- [PROVIDED INFORMATION]:
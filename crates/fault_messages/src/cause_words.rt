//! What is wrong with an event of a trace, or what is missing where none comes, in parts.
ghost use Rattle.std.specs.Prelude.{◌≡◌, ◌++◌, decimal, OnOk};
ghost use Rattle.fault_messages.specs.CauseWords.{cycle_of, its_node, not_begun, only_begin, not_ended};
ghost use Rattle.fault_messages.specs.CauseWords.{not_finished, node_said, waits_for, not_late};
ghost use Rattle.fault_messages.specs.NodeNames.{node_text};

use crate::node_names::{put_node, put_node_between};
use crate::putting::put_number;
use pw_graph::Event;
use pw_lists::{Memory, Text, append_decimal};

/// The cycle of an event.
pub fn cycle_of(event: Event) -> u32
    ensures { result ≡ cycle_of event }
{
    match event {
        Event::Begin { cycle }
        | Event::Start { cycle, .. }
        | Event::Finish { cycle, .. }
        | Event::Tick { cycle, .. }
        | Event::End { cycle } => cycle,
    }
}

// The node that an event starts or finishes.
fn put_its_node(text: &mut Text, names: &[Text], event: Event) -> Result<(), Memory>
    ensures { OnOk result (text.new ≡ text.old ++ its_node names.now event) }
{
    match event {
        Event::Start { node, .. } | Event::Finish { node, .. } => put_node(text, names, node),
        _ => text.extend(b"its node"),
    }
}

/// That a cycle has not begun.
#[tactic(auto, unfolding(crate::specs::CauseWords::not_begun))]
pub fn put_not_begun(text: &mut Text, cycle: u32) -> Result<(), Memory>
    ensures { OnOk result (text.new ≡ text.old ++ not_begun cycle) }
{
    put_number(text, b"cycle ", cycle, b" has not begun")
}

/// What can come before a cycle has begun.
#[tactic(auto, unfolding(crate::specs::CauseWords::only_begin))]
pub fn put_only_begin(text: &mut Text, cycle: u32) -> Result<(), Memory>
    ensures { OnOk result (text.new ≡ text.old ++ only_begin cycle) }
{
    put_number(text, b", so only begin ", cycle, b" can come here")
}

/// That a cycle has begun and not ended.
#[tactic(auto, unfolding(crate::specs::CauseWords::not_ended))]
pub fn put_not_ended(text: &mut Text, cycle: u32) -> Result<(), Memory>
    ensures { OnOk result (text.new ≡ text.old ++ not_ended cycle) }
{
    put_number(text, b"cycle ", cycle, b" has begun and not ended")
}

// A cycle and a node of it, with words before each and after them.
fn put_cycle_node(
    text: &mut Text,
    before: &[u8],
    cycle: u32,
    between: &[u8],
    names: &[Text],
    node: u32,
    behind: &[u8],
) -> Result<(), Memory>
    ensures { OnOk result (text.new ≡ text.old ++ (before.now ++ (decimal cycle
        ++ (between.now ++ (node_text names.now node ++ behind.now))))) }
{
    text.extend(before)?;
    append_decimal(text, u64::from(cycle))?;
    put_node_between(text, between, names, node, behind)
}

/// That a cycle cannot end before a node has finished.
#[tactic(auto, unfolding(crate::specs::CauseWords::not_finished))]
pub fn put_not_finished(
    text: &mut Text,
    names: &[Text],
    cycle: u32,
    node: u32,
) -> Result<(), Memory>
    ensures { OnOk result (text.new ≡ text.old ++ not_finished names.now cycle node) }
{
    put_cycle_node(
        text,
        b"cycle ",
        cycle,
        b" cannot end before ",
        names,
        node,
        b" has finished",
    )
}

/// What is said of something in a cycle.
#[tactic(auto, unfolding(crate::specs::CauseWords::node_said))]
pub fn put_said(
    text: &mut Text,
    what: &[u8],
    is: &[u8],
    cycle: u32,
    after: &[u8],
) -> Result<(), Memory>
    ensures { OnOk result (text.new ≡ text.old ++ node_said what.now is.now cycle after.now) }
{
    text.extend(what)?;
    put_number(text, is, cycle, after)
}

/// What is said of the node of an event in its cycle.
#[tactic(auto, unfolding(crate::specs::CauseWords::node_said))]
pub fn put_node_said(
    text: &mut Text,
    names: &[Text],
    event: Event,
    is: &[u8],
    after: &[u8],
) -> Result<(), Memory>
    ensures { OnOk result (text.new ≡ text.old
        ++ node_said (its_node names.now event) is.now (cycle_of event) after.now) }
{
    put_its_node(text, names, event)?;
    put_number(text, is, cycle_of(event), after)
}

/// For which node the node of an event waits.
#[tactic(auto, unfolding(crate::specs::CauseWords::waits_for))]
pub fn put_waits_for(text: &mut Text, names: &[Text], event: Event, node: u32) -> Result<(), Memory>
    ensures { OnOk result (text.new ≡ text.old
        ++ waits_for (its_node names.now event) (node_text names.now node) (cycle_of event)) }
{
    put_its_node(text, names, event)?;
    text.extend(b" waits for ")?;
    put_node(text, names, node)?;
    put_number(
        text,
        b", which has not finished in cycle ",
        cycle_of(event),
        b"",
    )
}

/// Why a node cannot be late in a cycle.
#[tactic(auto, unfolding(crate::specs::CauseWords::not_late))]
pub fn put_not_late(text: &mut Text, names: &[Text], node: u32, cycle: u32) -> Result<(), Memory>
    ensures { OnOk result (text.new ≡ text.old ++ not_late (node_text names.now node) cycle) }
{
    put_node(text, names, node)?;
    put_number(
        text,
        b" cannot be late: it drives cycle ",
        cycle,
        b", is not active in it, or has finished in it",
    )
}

- [WHAT YOU WILL DO]:
The word "with" appears in some lines above. Return every one of those lines.

- [FINAL ANSWER]:
//! What is wrong with an event of a trace, or what is missing where none comes, in parts.
// A cycle and a node of it, with words before each and after them.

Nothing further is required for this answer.